For programs that operate on data which is expected to be transmitted over lossy mediums (for example video and audio codecs), it is reasonable to expect that packets might be lost during flight. In order to avoid corrupting the entire stream, these formats are designed to include markers (much like promoters in DNA) which act as beacons for the parser and allow it to re-synchronize after a packet loss.

As a result, these data formats are already “frameshift resistant” by design, and the double-mutant experiment fails to find any structure, specifically because mutations that might be normally destructive (such as inserting or deleting bytes) don’t actually prevent the parser from re-synchronizing.

Identifying Other Structures

During our research, we tried using this kind of double-mutant experiment to identify other structures in data formats. For example, you can use it to find regions of data that are compressed or encoded. E.g. a destructive mutation edits some data, a restorative mutation deserializes, then edits, then reserializes.

You can also use it to identify checksum-like fields.

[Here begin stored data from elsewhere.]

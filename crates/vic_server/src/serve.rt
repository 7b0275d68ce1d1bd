//! Servers of any kind: what they are is a state, and one function of it gives the answers.

ghost use Rattle.std.specs.Prelude.{◌≡◌, IfOk, OnErr};
ghost use Rattle.vic_order.specs.Serving.{Serving, by_rule};

use crate::change::Plan;
use crate::machine::Machine;
use crate::rows::{Commit, Row, SealRow, Seat};
use crate::served::Served;
use std::alloc::Global;
use vic_dict::{Bytes, NoMemory};
use vic_frames::encode_answer;

/// Something that serves payloads with payloads.
pub trait Serve {
    /// What its answers depend on. No value of it is made.
    type State;

    ghost state: { Self → Self.State };

    // The answer to a payload of a client at a seat, and the state after it.
    ghost rule: { Serving Self.State };

    /// Serves one payload. Where memory runs out, nothing has changed.
    fn serve(
        &mut self,
        alloc: Global,
        seat: u32,
        who: u8,
        payload: &[u8],
    ) -> Result<Bytes, NoMemory>
        ensures ok { IfOk result (λ b. (b ≡ (rule (state self.old) seat who payload.now).0) × (state self.new ≡ (rule (state self.old) seat who payload.now).1)) }
        ensures err { OnErr result (self.new ≡ self.old) };

    /// A server in the same state, which from then on goes its own way. It may cost the whole state.
    fn copy(&self, alloc: Global) -> Result<Self, NoMemory>
        ensures { IfOk result (λ made. state made ≡ state self.now) };
}

impl Serve for Served {
    type State = Machine;

    ghost state = { λ s. s.server };

    ghost rule = { by_rule };

    /// One request, as `step` serves it; the answer is encoded before anything changes.
    fn serve(
        &mut self,
        alloc: Global,
        seat: u32,
        who: u8,
        payload: &[u8],
    ) -> Result<Bytes, NoMemory> {
        let Plan { answer, change } = self.plan(alloc, who, payload)?;
        let bytes = encode_answer(alloc, &answer)?;
        self.keep(alloc, seat, who, payload, change)?;
        Ok(bytes)
    }

    /// A copy of all that is kept. It costs the whole state.
    fn copy(&self, alloc: Global) -> Result<Served, NoMemory> {
        self.copied(alloc)
    }
}
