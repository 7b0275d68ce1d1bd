//! The items of the server's lists, each seen as the rule sees it.

ghost use Rattle.std.specs.Prelude.{◌≡◌, ◌<◌, IfOk, OnOk, OnErr};
ghost use Rattle.vic_dict.specs.Dictionary.{Fits};
ghost use Rattle.vic_wire.specs.Messages.{IsTagged, IsSeal};
ghost use Rattle.vic_order.specs.Order.{tagged_entry};

use std::alloc::Global;
use std::marker::Model;
use vic_dict::{NoMemory, Op};
use vic_order::Stage;
use vic_wire::{Digest32, Seal, Tagged};

/// An entry that was ordered, with its tag, and how many entries were sealed then.
#[derive(Debug, Drop)]
pub struct Row {
    /// The entry, and the tag that its Invoke carried.
    item: Tagged,
    /// The position of the last seal when it was ordered.
    sealed_then: u32,
}

impl Model for Row {
    ghost use Rattle.vic_order.specs.Order.{Ordered};
    ghost use Rattle.vic_wire.specs.Messages.{IsTagged};

    ghost Value = { Ordered };

    ghost view = { λ a. record { entry = a.item.entry; tag = a.item.tag; sealed_then = a.sealed_then } };

    ghost invariant = { λ a. IsTagged a.item };
}

impl Row {
    /// The entry as it stands on the log, where so many entries are sealed.
    pub fn new(item: Tagged, sealed_then: u32) -> Row
        requires { IsTagged item }
        ensures { result ≡ record { entry = item.entry; tag = item.tag; sealed_then = sealed_then } }
    {
        Row { item, sealed_then }
    }

    /// Whose entry it is.
    pub fn client(&self) -> u8
        ensures { result ≡ self.now.entry.client }
    {
        self.item.entry.client
    }

    /// Its number among this client's calls.
    pub fn seq(&self) -> u32
        ensures { result ≡ self.now.entry.seq }
    {
        self.item.entry.seq
    }

    /// The operation that the entry calls; its texts are within the limits.
    pub fn op(&self) -> &Op
        ensures is { result.now ≡ self.now.entry.op }
        ensures fits { Fits result.now }
    {
        &self.item.entry.op
    }

    /// A copy of the entry with its tag. It takes memory for the operation's texts, and costs them.
    pub fn tagged(&self, alloc: Global) -> Result<Tagged, NoMemory>
        ensures is { IfOk result (λ t. t ≡ tagged_entry self.now) }
        ensures spelled { IfOk result (λ t. IsTagged t) }
    {
        let entry = self.item.entry.copy(alloc)?;
        Ok(Tagged {
            entry,
            tag: self.item.tag,
        })
    }

    /// A copy of the whole row; it costs the operation's texts.
    pub fn copy(&self, alloc: Global) -> Result<Row, NoMemory>
        ensures { IfOk result (λ made. made ≡ self.now) }
    {
        let item = self.tagged(alloc)?;
        Ok(Row {
            item,
            sealed_then: self.sealed_then,
        })
    }
}

/// The seal of a position above 0.
#[derive(Debug, Drop)]
pub struct SealRow {
    /// With the tag as it came: the server tests none.
    seal: Seal,
}

impl Model for SealRow {
    ghost use Rattle.vic_wire.specs.declared.message.Seal.{Seal};
    ghost use Rattle.vic_wire.specs.Messages.{IsSeal};

    ghost Value = { Seal };

    ghost view = { λ a. a.seal };

    ghost invariant = { λ a. IsSeal a.seal };
}

impl SealRow {
    /// The seal, as it is kept.
    pub fn new(seal: Seal) -> SealRow
        requires { IsSeal seal }
        ensures { result ≡ seal }
    {
        SealRow { seal }
    }

    /// A copy of the seal; it takes no memory.
    pub fn seal(&self) -> Seal
        ensures is { result ≡ self.now }
        ensures spelled { IsSeal result }
    {
        self.seal
    }
}

/// How the entry of a position was committed, with the tag.
#[derive(Debug, Drop)]
pub struct Commit {
    /// The position that was committed.
    pub position: u32,
    /// Done, or else aborted.
    pub done: bool,
    /// The tag of the commit text, as it came.
    pub tag: Digest32,
}

impl Model for Commit {
    ghost use Rattle.vic_order.specs.Order.{Committed};

    ghost Value = { Committed };

    ghost view = { λ a. record { position = a.position; done = a.done; tag = a.tag } };
}

impl Commit {
    /// The commit of a position, counted from 1: done, or else aborted.
    pub fn new(position: u32, done: bool, tag: Digest32) -> Commit
        ensures { result ≡ record { position = position; done = done; tag = tag } }
    {
        Commit {
            position,
            done,
            tag,
        }
    }

    /// A copy; it takes no memory.
    pub fn copy(&self) -> Commit
        ensures { result ≡ self.now }
    {
        Commit {
            position: self.position,
            done: self.done,
            tag: self.tag,
        }
    }
}

/// The number of a client's last call, and where it stands.
#[derive(Debug, Drop)]
pub struct Seat {
    /// 0 before the first call.
    last: u32,
    /// Away, ready, open at a position, or left.
    stage: Stage,
}

impl Model for Seat {
    ghost use Rattle.vic_order.specs.Order.{Member};

    ghost Value = { Member };

    ghost view = { λ a. record { last = a.last; stage = a.stage } };
}

impl Seat {
    /// The seat of a client whose last call has this number, 0 before the first.
    pub fn new(last: u32, stage: Stage) -> Seat
        ensures { result ≡ record { last = last; stage = stage } }
    {
        Seat { last, stage }
    }

    /// The number of its last call; 0 before the first.
    pub fn last(&self) -> u32
        ensures { result ≡ self.now.last }
    {
        self.last
    }

    /// Whether it has come in or left, and the position of its open call, if it has one.
    pub fn stage(&self) -> Stage
        ensures { result ≡ self.now.stage }
    {
        self.stage
    }
}
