//! The server: it orders the calls of clients, keeps their commits, seals and contents, and answers each request.
//!
//! Its rule is `serve` of `vic_order`, in `specs/Order.antt`; the contract of [`Served::step`] carries it, and `specs/Causes.antt`
//! beside it, which says why each refusal and Wait comes. What it keeps beside the lists that the rule speaks of (an index of
//! commits and a counter of weight) is `specs/Keeping.antt`.
//!
//! [`Serve`] is the trait for servers of any kind: its `rule` is a `Serving` of `vic_order`, that of [`Served`] is `by_rule`.
//!
//! A server of another kind that stands on this one serves in two phases. [`Served::plan`] gives a [`Plan`], the answer with the
//! [`Effect`] on the server, and changes nothing. The other server then encodes its own answer, and takes all other memory that it
//! needs. [`Served::keep`] comes last: it makes the change, or runs out of memory and changes nothing.
#![tactic(auto)]

pub mod change;
pub mod machine;
mod next;
mod requests;
mod rows;
pub mod serve;
pub mod served;

pub use change::{Change as Effect, Plan};
pub use serve::Serve;
pub use served::Served;
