/// The seal below all positions.
fn first_seal() -> Seal
    ensures is { result ≡ no_seal }
    ensures spelled { IsSeal result }
{
    Seal {
        position: 0,
        root: vic_hash::empty(),
        tag: Digest32 { bytes: [0; 32] },
    }
}

fn copies(alloc: Global, rows: &[Row]) -> Result<TaggedList, NoMemory>
    ensures is { IfOk result (λ ts. ts ≡ map_list tagged_entry rows.now) }
    ensures spelled { IfOk result (λ ts. AllByRecursion IsTagged ts) }
{
    let mut items = TaggedList::new(alloc);
    for row in rows {
        let item = row.tagged(alloc)?;
        items.push(item)?;
    }
    Ok(items)
}

pub(crate) fn is_write(op: &Op) -> bool
    ensures { result ≡ writes op.now }
{
    matches!(op, Op::Put(_, _) | Op::Del(_))
}

/// The part that an Update carries.
fn part_of_update(alloc: Global, dictionary: &Trie, op: &Op, done: bool) -> Result<Bytes, NoMemory>
    requires fits { Fits op.now }
    requires light { pairs_weight dictionary.now ≤ MOST_WEIGHT }
    ensures is { IfOk result (λ b. b ≡ update_part dictionary.now op.now done) }
    ensures short { IfOk result (λ b. length b ≤ LONGEST_PART) }
{
    if done && is_write(op) {
        return cut_bytes(alloc, dictionary, op);
    }
    bare_bytes(alloc, dictionary)
}

/// The turn, from the seal below it, the sealed dictionary, and the first entry that isn't sealed with its commit.
fn turn_of(
    alloc: Global,
    seal: Seal,
    dictionary: &Trie,
    who: u8,
    row: Option<&Row>,
    status: Option<bool>,
) -> Result<ToClient, NoMemory>
    requires light { pairs_weight dictionary.now ≤ MOST_WEIGHT }
    requires seal { IsSeal seal }
    ensures is { IfOk result (λ a. a ≡ turn_from seal dictionary.now who (option_copied row.entry) status) }
    ensures spelled { IfOk result (λ a. HasSpelling a) }
    ensures short { IfOk result (λ a. HasShortPart a) }
    ensures waits { turn_from seal dictionary.now who (option_copied row.entry) status ≡ say.Wait → result ≡ Ok say.Wait }
{
    match (row, status) {
        (Some(row), Some(done)) if row.client() == who => {
            let part = part_of_update(alloc, dictionary, row.op(), done)?;
            Ok(ToClient::Update { seal, part })
        }
        _ => Ok(ToClient::Wait),
    }
}

/// The turn over a seal, once the entry of its position is applied where it was done. The dictionary is changed for that and changed
/// back, which costs the way to the entry's key; changing it back takes no memory.
fn turn_over(
    alloc: Global,
    seal: Seal,
    dictionary: &mut Trie,
    op: &Op,
    done: bool,
    who: u8,
    row: &Row,
    status: bool,
) -> Result<ToClient, NoMemory>
    requires fits { Fits op.now }
    requires light { pairs_weight dictionary.old + op_weight op.now ≤ MOST_WEIGHT }
    requires seal { IsSeal seal }
    ensures is { IfOk result (λ a. a ≡ turn_from seal (if done then after dictionary.old op.now else dictionary.old) who (Some row.now) (Some status)) }
    ensures spelled { IfOk result (λ a. HasSpelling a) }
    ensures short { IfOk result (λ a. HasShortPart a) }
    ensures same { dictionary.new ≡ dictionary.old }
{
    if !done {
        return turn_of(alloc, seal, dictionary, who, Some(row), Some(status));
    }
    let undo = dictionary.change(op)?;
    let turn = turn_of(alloc, seal, dictionary, who, Some(row), Some(status));
    dictionary.undo(undo);
    turn
}

/// Makes room in the index for one entry more than so many.
fn index_more(statuses: &mut Vec<Option<bool>>, count: usize) -> Result<(), NoMemory>
    requires { count ≤ vec_len statuses.old }
    ensures same { (place : ℕ) → status_in statuses.new.items place ≡ status_in statuses.old.items place }
    ensures kept { count ≤ vec_len statuses.new }
    ensures room { OnOk result (count < vec_len statuses.new) }
{
    if statuses.len() == count {
        statuses.push(None)?;
    }
    Ok(())
}

pub(crate) fn op_weight(op: &Op) -> u64
    requires { Fits op.now }
    ensures is { result ≡ op_weight op.now }
    ensures light { result < 400 }
{
    match op {
        Op::Put(key, value) => key.len() as u64 + value.len() as u64 + 16,
        _ => 0,
    }
}

/// Does a put or del.
fn change(dictionary: &mut Trie, op: &Op) -> Result<(), NoMemory>
    requires fits { Fits op.now }
    requires light { pairs_weight dictionary.old ≤ MOST_WEIGHT }
    ensures after { OnOk result (dictionary.new ≡ after dictionary.old op.now) }
    ensures weighs { OnOk result (pairs_weight dictionary.new ≤ pairs_weight dictionary.old + op_weight op.now) }
    ensures err { OnErr result (dictionary.new ≡ dictionary.old) }
{
    match op {
        Op::Put(key, value) => dictionary.put(key.as_slice(), value.as_slice()),
        Op::Del(key) => {
            let _ = dictionary.del(key.as_slice());
            Ok(())
        }
        _ => Ok(()),
    }
}

/// Applies an entry to the sealed dictionary where it was done, and tells what the weight loses by that.
fn apply(dictionary: &mut Trie, op: &Op, done: bool) -> Result<u64, NoMemory>
    requires fits { Fits op.now }
    requires light { pairs_weight dictionary.old ≤ MOST_WEIGHT }
    ensures after { OnOk result (dictionary.new ≡ (if done then after dictionary.old op.now else dictionary.old)) }
    ensures freed { IfOk result (λ n. pairs_weight dictionary.new + n ≡ pairs_weight dictionary.old + op_weight op.now) }
    ensures err { OnErr result (dictionary.new ≡ dictionary.old) }
{
    if !done {
        return Ok(op_weight(op));
    }
    let before = dictionary.weight();
    change(dictionary, op)?;
    Ok(before + op_weight(op) - dictionary.weight())
}

// ---- copies

fn copied_rows(alloc: Global, rows: &[Row]) -> Result<Vec<Row>, NoMemory>
    ensures { IfOk result (λ made. made.items ≡ rows.now) }
{
    let mut made = Vec::new(alloc);
    for row in rows {
        made.push(row.copy(alloc)?)?;
    }
    Ok(made)
}

fn copied_commits(alloc: Global, rows: &[Commit]) -> Result<Vec<Commit>, NoMemory>
    ensures { IfOk result (λ made. made.items ≡ rows.now) }
{
    let mut made = Vec::new(alloc);
    for row in rows {
        made.push(row.copy())?;
    }
    Ok(made)
}

fn copied_statuses(alloc: Global, rows: &[Option<bool>]) -> Result<Vec<Option<bool>>, NoMemory>
    ensures { IfOk result (λ made. made.items ≡ rows.now) }
{
    let mut made = Vec::new(alloc);
    for row in rows {
        made.push(*row)?;
    }
    Ok(made)
}

fn copied_seals(alloc: Global, rows: &[SealRow]) -> Result<Vec<SealRow>, NoMemory>
    ensures { IfOk result (λ made. made.items ≡ rows.now) }
{
    let mut made = Vec::new(alloc);
    for row in rows {
        made.push(SealRow::new(row.seal()))?;
    }
    Ok(made)
}

fn copied_seats(alloc: Global, rows: &[Seat]) -> Result<Vec<Seat>, NoMemory>
    ensures { IfOk result (λ made. made.items ≡ rows.now) }
{
    let mut made = Vec::new(alloc);
    for row in rows {
        made.push(Seat::new(row.last(), row.stage()))?;
    }
    Ok(made)
}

In the libpng example, we typically disable checksum validation during fuzzing. But in practice, you can validate that a given checksum is required with the same experiment.

In practice though, everything else we tried was much too expensive to confer any sort of improvement to fuzzing. The reality is that there is a fairly small window for structure inference overhead during fuzzing, especially in standard evaluations where you’re interested in optimizing coverage over a 24-48 hour horizon.